::: Data extract

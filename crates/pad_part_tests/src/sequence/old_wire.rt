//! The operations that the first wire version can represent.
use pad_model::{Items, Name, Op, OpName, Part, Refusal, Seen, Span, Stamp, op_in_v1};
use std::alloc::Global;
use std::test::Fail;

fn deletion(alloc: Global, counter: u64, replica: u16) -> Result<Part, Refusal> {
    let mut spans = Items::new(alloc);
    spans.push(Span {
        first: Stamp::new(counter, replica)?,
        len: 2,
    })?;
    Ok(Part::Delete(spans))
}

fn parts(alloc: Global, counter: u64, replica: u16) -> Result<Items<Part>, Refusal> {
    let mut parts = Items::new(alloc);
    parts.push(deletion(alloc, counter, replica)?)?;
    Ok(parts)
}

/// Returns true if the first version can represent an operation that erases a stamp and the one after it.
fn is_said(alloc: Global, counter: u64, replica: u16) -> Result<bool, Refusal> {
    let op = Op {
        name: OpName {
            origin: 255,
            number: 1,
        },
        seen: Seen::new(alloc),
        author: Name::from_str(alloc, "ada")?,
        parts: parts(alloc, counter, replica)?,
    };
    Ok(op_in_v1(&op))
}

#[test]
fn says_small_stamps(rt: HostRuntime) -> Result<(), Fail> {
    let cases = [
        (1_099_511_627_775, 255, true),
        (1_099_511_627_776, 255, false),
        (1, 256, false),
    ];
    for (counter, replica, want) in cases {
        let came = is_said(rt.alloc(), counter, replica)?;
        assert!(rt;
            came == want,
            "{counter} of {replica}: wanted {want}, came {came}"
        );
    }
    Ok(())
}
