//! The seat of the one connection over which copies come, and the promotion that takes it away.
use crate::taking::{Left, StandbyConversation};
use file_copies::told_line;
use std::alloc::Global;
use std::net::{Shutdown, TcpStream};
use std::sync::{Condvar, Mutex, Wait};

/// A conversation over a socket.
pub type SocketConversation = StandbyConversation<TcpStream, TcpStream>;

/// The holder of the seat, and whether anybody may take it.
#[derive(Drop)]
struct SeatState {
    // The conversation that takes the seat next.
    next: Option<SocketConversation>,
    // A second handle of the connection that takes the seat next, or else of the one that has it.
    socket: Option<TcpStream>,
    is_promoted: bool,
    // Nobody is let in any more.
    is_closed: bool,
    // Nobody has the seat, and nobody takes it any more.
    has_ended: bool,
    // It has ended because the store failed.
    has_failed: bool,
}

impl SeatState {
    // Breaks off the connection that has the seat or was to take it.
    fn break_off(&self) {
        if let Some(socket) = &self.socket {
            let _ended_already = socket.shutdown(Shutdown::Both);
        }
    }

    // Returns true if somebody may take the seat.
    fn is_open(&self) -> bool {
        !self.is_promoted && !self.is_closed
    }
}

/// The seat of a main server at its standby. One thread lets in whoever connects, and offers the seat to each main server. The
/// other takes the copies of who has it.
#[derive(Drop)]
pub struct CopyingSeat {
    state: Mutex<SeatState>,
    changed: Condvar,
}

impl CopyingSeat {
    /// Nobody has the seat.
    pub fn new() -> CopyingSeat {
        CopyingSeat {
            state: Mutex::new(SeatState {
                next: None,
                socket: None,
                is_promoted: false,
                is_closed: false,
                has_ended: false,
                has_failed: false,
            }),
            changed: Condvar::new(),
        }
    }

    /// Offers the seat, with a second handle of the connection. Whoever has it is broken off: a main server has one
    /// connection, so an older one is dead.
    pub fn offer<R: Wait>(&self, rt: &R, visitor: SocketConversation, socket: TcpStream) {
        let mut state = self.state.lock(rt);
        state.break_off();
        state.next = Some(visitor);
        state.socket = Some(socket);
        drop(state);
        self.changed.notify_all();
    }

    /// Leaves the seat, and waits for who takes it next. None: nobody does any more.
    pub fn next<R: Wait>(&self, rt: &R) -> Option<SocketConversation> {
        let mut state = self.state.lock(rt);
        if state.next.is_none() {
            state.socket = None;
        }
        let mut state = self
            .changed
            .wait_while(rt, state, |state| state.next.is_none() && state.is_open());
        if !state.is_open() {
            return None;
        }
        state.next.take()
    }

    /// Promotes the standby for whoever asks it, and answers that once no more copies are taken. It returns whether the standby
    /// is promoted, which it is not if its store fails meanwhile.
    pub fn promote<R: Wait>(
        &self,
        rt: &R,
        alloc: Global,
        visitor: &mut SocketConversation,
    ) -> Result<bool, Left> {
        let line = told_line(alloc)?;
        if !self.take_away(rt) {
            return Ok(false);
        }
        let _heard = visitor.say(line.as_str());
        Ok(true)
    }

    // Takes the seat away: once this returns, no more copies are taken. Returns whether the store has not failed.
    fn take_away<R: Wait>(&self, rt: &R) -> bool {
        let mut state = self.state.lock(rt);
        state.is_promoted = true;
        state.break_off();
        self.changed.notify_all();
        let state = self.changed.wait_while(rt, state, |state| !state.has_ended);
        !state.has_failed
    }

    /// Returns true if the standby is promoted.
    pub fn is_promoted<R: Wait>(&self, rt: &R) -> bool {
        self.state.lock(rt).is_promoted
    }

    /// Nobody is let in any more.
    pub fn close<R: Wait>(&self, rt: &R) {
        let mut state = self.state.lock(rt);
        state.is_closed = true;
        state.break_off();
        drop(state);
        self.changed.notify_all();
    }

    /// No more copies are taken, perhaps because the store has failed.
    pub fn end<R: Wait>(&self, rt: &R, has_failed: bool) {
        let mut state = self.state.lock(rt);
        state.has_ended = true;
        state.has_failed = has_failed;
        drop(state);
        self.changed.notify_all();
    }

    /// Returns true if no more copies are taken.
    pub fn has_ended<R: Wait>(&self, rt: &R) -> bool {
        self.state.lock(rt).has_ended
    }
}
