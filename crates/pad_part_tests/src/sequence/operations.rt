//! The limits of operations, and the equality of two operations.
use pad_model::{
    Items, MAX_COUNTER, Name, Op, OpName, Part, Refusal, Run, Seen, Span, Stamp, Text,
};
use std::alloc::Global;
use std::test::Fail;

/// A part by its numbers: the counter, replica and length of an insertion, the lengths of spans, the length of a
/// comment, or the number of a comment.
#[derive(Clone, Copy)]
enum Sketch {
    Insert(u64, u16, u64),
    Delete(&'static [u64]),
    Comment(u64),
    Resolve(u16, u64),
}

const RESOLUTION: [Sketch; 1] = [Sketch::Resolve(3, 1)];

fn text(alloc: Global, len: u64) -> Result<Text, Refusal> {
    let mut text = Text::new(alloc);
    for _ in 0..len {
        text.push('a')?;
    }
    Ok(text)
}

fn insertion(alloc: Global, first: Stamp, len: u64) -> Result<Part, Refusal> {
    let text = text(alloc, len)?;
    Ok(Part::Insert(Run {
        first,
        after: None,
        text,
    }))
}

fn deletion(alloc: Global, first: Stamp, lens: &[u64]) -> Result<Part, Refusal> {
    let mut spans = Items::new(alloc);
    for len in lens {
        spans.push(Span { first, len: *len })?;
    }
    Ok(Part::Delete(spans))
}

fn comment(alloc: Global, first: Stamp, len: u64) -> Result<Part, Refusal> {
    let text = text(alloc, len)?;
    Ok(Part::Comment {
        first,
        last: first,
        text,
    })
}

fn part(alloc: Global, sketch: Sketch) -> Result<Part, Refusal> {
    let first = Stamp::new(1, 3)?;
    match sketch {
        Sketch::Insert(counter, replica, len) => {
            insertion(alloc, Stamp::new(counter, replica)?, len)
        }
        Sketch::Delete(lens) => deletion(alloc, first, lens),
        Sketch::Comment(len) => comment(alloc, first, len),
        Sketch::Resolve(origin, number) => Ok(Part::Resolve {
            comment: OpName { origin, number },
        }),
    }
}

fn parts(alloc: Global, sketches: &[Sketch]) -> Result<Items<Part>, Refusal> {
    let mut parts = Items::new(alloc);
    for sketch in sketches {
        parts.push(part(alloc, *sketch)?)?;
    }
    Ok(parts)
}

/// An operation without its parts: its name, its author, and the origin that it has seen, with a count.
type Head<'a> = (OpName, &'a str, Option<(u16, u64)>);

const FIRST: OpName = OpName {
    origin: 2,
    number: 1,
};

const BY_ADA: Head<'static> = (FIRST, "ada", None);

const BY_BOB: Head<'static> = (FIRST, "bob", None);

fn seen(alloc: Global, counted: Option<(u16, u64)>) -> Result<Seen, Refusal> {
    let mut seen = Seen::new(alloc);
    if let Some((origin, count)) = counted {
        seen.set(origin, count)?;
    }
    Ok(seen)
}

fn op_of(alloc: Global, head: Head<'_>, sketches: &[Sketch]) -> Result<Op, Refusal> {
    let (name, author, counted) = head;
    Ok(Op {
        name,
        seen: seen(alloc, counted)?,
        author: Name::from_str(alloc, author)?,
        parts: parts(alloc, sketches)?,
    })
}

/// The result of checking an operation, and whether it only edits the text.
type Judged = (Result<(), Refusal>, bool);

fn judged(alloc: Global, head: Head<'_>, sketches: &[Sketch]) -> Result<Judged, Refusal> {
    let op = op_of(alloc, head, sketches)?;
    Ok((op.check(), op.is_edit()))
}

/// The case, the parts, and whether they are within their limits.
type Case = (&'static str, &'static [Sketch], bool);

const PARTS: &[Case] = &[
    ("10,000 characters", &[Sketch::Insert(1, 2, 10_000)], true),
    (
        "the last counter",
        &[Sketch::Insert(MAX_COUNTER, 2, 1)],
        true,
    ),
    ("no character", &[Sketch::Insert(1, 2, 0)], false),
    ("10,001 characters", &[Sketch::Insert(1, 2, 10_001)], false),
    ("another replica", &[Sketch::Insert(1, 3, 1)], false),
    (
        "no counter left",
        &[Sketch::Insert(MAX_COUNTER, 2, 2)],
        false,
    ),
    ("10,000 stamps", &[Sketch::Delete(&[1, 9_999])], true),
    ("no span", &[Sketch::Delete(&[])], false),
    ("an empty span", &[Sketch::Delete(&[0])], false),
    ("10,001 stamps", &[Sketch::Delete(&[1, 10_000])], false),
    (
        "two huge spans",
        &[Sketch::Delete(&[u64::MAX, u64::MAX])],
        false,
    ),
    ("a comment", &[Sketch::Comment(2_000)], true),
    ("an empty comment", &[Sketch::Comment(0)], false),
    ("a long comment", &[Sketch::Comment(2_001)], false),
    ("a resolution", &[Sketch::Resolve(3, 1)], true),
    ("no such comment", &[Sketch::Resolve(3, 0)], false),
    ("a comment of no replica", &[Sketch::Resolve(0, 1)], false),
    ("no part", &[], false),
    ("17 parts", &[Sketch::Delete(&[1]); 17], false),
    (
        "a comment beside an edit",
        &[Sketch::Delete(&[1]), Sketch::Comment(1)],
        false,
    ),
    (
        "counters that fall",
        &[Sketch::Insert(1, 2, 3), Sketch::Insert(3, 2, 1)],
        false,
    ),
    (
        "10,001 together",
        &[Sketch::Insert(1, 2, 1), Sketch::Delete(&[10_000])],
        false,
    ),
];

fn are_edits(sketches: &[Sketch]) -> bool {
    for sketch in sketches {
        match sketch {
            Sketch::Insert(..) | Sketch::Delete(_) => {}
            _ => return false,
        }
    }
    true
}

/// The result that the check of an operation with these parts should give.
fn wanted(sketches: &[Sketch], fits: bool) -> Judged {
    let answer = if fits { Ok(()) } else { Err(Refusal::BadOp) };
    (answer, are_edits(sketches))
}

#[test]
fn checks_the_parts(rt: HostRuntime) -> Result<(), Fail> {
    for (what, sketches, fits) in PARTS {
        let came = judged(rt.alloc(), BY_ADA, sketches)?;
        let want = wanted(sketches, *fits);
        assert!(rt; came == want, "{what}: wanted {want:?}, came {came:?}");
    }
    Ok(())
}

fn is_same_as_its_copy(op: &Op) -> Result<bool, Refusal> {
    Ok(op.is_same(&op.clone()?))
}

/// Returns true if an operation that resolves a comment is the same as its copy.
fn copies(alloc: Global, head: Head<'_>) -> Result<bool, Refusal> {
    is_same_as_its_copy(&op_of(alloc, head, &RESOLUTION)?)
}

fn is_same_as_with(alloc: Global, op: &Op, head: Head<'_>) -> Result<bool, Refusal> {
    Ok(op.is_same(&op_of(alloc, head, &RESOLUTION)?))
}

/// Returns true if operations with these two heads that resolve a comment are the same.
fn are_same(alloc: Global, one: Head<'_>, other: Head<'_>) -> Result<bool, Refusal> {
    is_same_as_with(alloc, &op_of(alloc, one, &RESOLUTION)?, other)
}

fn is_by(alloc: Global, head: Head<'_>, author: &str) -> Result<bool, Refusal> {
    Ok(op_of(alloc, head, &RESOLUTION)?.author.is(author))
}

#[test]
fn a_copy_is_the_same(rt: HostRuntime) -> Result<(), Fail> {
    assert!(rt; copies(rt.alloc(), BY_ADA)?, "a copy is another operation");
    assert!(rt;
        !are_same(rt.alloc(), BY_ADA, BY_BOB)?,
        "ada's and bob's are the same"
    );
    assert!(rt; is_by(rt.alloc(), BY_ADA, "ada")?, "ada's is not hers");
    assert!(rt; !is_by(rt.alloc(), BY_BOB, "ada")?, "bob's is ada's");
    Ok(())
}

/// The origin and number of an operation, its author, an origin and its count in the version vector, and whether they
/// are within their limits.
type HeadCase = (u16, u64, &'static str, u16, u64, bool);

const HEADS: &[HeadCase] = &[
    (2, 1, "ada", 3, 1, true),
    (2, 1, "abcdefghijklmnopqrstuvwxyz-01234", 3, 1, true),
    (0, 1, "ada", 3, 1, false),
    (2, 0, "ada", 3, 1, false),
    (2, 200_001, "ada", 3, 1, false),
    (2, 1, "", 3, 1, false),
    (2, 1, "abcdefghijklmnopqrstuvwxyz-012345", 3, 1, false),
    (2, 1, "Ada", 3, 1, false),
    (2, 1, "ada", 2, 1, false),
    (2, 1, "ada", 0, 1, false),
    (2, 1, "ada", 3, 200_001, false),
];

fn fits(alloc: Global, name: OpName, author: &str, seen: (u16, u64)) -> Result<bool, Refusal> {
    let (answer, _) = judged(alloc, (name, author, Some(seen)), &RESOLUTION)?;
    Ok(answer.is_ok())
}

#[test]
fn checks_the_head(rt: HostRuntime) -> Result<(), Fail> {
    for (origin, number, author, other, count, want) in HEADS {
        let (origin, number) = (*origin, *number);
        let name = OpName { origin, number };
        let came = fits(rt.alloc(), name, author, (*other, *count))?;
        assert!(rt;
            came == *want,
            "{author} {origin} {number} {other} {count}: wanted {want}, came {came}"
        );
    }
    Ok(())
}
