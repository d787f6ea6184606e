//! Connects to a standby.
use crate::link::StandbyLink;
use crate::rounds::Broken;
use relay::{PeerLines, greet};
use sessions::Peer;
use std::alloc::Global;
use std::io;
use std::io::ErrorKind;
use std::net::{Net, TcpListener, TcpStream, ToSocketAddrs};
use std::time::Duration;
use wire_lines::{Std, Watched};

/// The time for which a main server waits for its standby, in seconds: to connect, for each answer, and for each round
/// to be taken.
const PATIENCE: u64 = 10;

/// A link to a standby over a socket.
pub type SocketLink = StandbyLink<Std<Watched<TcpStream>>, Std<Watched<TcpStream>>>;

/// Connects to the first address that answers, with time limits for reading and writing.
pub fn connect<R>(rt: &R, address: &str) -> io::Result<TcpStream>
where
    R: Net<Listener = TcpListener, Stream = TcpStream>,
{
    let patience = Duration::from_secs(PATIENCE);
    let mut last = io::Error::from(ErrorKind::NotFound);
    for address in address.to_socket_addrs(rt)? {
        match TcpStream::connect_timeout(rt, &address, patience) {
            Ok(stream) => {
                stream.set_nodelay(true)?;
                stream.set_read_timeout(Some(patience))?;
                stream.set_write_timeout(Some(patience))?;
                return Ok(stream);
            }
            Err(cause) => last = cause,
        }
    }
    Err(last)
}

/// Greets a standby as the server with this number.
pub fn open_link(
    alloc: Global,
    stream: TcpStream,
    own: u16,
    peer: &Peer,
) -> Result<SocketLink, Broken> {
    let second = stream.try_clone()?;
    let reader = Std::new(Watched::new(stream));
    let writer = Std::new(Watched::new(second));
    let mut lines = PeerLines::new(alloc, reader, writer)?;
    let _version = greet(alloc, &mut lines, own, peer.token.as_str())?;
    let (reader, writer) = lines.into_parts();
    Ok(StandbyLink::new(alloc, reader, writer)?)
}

::::::

- _Work order_
Scan the entries above for the word "once" and collect each line holding it.

- _Answer section_
    /// Promotes the standby for whoever asks it, and answers that once no more copies are taken. It returns whether the standby
    // Takes the seat away: once this returns, no more copies are taken. Returns whether the store has not failed.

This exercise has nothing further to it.